For sure, but they are far less needed than the described issues. You see, the
problem is that these holes have existed in iOS for a long time and affect the
practical security of the everyday users.

WebAuthn is definitely the future of the web, but why can't we fix the giant
holes in the ground before building upon it?

This goes back to the problem of researchers focusing on things that are
exciting and will be the future, but not focusing on the needs of the everyday
customer. This was the downfall of RCA back in the day.

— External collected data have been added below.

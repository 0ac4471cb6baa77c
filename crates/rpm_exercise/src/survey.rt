//! What is found of the packages that a question picks.

ghost use Rattle.std.specs.Prelude.{◌≡◌, ◌++◌, ℕ, List, IsTrue, Ok, IfOk};
ghost use Rattle.rpm_exercise.specs.Prelude.{ExerciseQuestion, capability, capability_named, entry_in, exported_bytes, HasKeptRows, Holds256, IsAskable, IsFound, packages_in, picked_count, result_err};
ghost use Rattle.rpm_select.specs.declared.selection.Selection.TheVariants as question;

use rpm_db::Db;
use rpm_effects::{Halt, halt_of_pick};
use rpm_header::MAGIC;
use rpm_outside::Disk;
use rpm_select::{Capability, Picked, Picker, Selection};
use sha2::{Digest, Sha256};
use std::alloc::Global;

/// What is found of a question: how many packages it picks, and the SHA-256 of what an export of these would write.
#[derive(Clone, Copy)]
pub struct Found {
    pub count: u32,
    pub digest: [u8; 32],
}

/// Feeds a package as it is exported.
fn feed(hasher: &mut Sha256, picked: &Picked)
    ensures { (m : List ℕ) → Holds256 hasher.old m → Holds256 hasher.new (m ++ exported_bytes (entry_in picked.now)) }
{
    match picked {
        Picked::Good { blob, .. } => {
            hasher.update(MAGIC.as_slice());
            hasher.update(blob.as_slice());
        }
        Picked::Bad { .. } => {}
    }
}

/// Goes through the packages that a question picks, one at a time: reads what the question reads.
pub fn survey<D: Disk>(
    alloc: Global,
    db: &Db,
    disk: &mut D,
    selection: &Selection<'_>,
) -> Result<Found, Halt>
    requires asked { IsAskable D.Disk disk.old db.now }
    ensures told { IsTrue D.tells → HasKeptRows D.Disk disk.old db.now → IfOk result (IsFound (packages_in D.Disk disk.old db.now) selection.now) }
    ensures asks { ExerciseQuestion D.Disk disk.old disk.new db.now (result_err result) }
{
    let mut picker = match Picker::new(alloc, db, disk, selection) {
        Ok(picker) => picker,
        Err(fault) => return Err(halt_of_pick(fault)),
    };
    let mut hasher = Sha256::new();
    let mut number = 0;
    let mut count = 0u32;
    loop {
        match picker.next_after(alloc, db, disk, selection, number) {
            Ok(Some(picked)) => {
                feed(&mut hasher, &picked);
                number = picked.into_number();
                count += 1;
            }
            Ok(None) => {
                let digest = hasher.finalize();
                return Ok(Found { count, digest });
            }
            Err(fault) => return Err(halt_of_pick(fault)),
        }
    }
}

/// How many packages provide a capability.
pub fn count_provided<D: Disk>(
    alloc: Global,
    db: &Db,
    disk: &mut D,
    name: &str,
) -> Result<u32, Halt>
    requires named { capability name.now ≡ Ok (capability_named name.now) }
    requires asked { IsAskable D.Disk disk.old db.now }
    ensures told { IsTrue D.tells → HasKeptRows D.Disk disk.old db.now
        → IfOk result (λ count. count ≡ picked_count (packages_in D.Disk disk.old db.now)
        (question.Provides (capability_named name.now))) }
    ensures asks { ExerciseQuestion D.Disk disk.old disk.new db.now (result_err result) }
{
    match Capability::read(name) {
        Ok(capability) => {
            let found = survey(alloc, db, disk, &Selection::Provides(capability))?;
            Ok(found.count)
        }
        Err(_) => unreachable!(),
    }
}
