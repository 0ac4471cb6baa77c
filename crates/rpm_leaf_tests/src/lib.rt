//! The tests of the crates that stand on no file: headers, tags, package files, versions, blocks, command lines,
//! formats and graphs.
//!
//! There is nothing else here. Each of the crates below promises what it does in its contracts; a test shows by
//! values from outside that the promise is the one that was meant, and that a call answers where memory is ample.
#![tactic(auto)]

#[cfg(test)]
mod blocks;
#[cfg(test)]
mod building;
#[cfg(test)]
mod commands;
#[cfg(test)]
mod entries;
#[cfg(test)]
mod fixtures;
#[cfg(test)]
mod formats;
#[cfg(test)]
mod graphs;
#[cfg(test)]
mod headers;
#[cfg(test)]
mod keys;
#[cfg(test)]
mod lists;
#[cfg(test)]
mod misuse;
#[cfg(test)]
mod package_faults;
#[cfg(test)]
mod packages;
#[cfg(test)]
mod printing;
#[cfg(test)]
mod tags;
#[cfg(test)]
mod trees;
#[cfg(test)]
mod values;
#[cfg(test)]
mod versions;
#[cfg(test)]
mod words;
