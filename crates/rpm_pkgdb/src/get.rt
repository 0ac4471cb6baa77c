//! The blob of a number, read.

ghost use Rattle.std.specs.Prelude.{◌≤◌, IsTrue, length, IfOk};
ghost use Rattle.rpm_pkgdb.specs.Prelude.{AnswerIs, blobs, checksums_hold, frame_in, frames, given_bytes, given_blob, given_check, KeepsStore, ReadsBlob};
ghost use Rattle.std.specs.FinMap as finite;

use crate::blob::{Blocks, Checked, GetFault, read_blocks};
use crate::store::PkgDb;
use rpm_outside::Disk;
use std::alloc::Global;

impl PkgDb {
    /// Reads the blocks of a number, into a vector whose room is used again.
    fn blocks<D: Disk>(&self, disk: &mut D, n: u32, room: Vec<u8>) -> Result<Blocks, GetFault>
        requires keeps { IsTrue D.tells → KeepsStore (D.files disk.old).pkg self.now }
        ensures long { IfOk result (λ b. 12 ≤ length b.rest.items) }
        ensures told { IsTrue D.tells → AnswerIs frame_in (frames (D.files disk.old).pkg self.now n) result }
        ensures reads { ReadsBlob D.Disk n self.now result disk.old disk.new }
    {
        match self.slot_of(n) {
            None => Err(GetFault::NoSuch),
            Some(slot) => read_blocks(disk, n, slot, room),
        }
    }

    /// The blob of a number.
    ///
    /// Reads the number's own blocks, each once: 512 or fewer, which are 8 KiB, by one call, whatever their head says,
    /// and of more the first alone where the head is wrong. The bytes that are answered are those that were read, in the vector that
    /// they were read into.
    ///
    /// # Errors
    ///
    /// - `NoSuch` exactly where no slot has the number. Nothing is read then.
    /// - `Bad` exactly where the framing of its blob is broken.
    /// - `DiskFault` only where the disk's count of faults rose.
    /// - `NoMemory` where the blob finds no memory.
    pub fn get<D: Disk>(&self, alloc: Global, disk: &mut D, n: u32) -> Result<Vec<u8>, GetFault>
        requires keeps { IsTrue D.tells → KeepsStore (D.files disk.old).pkg self.now }
        ensures told { IsTrue D.tells → AnswerIs given_bytes (finite.get (blobs (D.files disk.old).pkg self.now) n) result }
        ensures reads { ReadsBlob D.Disk n self.now result disk.old disk.new }
    {
        self.get_in(disk, n, Vec::new(alloc))
    }

    /// The blob of a number, as `get` gives it, in a vector of the caller's, whatever it holds. One that held a blob
    /// before has its room already, and what of it is written over needn't be zeroed first.
    ///
    /// # Errors
    ///
    /// Those of `get`, with the same causes.
    pub fn get_in<D: Disk>(&self, disk: &mut D, n: u32, room: Vec<u8>) -> Result<Vec<u8>, GetFault>
        requires keeps { IsTrue D.tells → KeepsStore (D.files disk.old).pkg self.now }
        ensures told { IsTrue D.tells → AnswerIs given_bytes (finite.get (blobs (D.files disk.old).pkg self.now) n) result }
        ensures reads { ReadsBlob D.Disk n self.now result disk.old disk.new }
    {
        let blocks = self.blocks(disk, n, room)?;
        Ok(blocks.into_blob())
    }

    /// Whether the checksum in the tail of a number's blob is the Adler-32 of its head, bytes and padding.
    ///
    /// Reads the number's own blocks, each once, and takes memory for them.
    ///
    /// # Errors
    ///
    /// Those of `get`, with the same causes.
    pub fn checksum_holds<D: Disk>(
        &self,
        alloc: Global,
        disk: &mut D,
        n: u32,
    ) -> Result<bool, GetFault>
        requires keeps { IsTrue D.tells → KeepsStore (D.files disk.old).pkg self.now }
        ensures told { IsTrue D.tells → AnswerIs (λ holds. holds) (checksums_hold (D.files disk.old).pkg self.now n) result }
        ensures reads { ReadsBlob D.Disk n self.now result disk.old disk.new }
    {
        let blocks = self.blocks(disk, n, Vec::new(alloc))?;
        Ok(blocks.checksum_holds())
    }

    /// The blob of a number, and whether the checksum in its tail is right.
    ///
    /// Reads the number's own blocks, each once, as `get` does, and takes memory for them alone.
    ///
    /// # Errors
    ///
    /// Those of `get`, with the same causes. A wrong checksum is no error.
    pub fn read_checked<D: Disk>(
        &self,
        alloc: Global,
        disk: &mut D,
        n: u32,
    ) -> Result<Checked, GetFault>
        requires keeps { IsTrue D.tells → KeepsStore (D.files disk.old).pkg self.now }
        ensures blob { IsTrue D.tells → AnswerIs given_blob (finite.get (blobs (D.files disk.old).pkg self.now) n) result }
        ensures holds { IsTrue D.tells → AnswerIs given_check (checksums_hold (D.files disk.old).pkg self.now n) result }
        ensures reads { ReadsBlob D.Disk n self.now result disk.old disk.new }
    {
        self.read_checked_in(disk, n, Vec::new(alloc))
    }

    /// The blob of a number, and whether the checksum in its tail is right, as `read_checked` gives them, in a vector of
    /// the caller's, whatever it holds.
    ///
    /// # Errors
    ///
    /// Those of `get`, with the same causes. A wrong checksum is no error.
    pub fn read_checked_in<D: Disk>(
        &self,
        disk: &mut D,
        n: u32,
        room: Vec<u8>,
    ) -> Result<Checked, GetFault>
        requires keeps { IsTrue D.tells → KeepsStore (D.files disk.old).pkg self.now }
        ensures blob { IsTrue D.tells → AnswerIs given_blob (finite.get (blobs (D.files disk.old).pkg self.now) n) result }
        ensures holds { IsTrue D.tells → AnswerIs given_check (checksums_hold (D.files disk.old).pkg self.now n) result }
        ensures reads { ReadsBlob D.Disk n self.now result disk.old disk.new }
    {
        let blocks = self.blocks(disk, n, room)?;
        Ok(blocks.into_checked())
    }
}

> Apple is in the business of juggling user experience and privacy. it's quite
> difficult, because you don't want to get in the way of the user's intents

I understand this struggle. Still, most users are horrified when they learn
that everything they've ever copied has been shared with the apps they are
using. Even the layperson would gladly give up some trivial auto-paste feature
if they knew this.

I would understand Apple's slowness to respond if this was a recent issue, a
newly-discovered hole in privacy. But this is a big thing. It's been around
for years. And many others have too.

Apple has engineers, they have PMs, and those engineers and PMs are working in
the same problem space with these holes. But new features that won't matter
for years are being prioritized over major issues that have existed for years,
and that's not cool, not when you are yelling that you care about privacy from
a mountaintop.

------
tectec
Does anyone know if iOS devices support multiple users/bio metrics per device
and could log a specific user in when they are using a shared device? I'm
wondering if this could be used for a shared iPad on a factory floor to log
users into their own account on our web app.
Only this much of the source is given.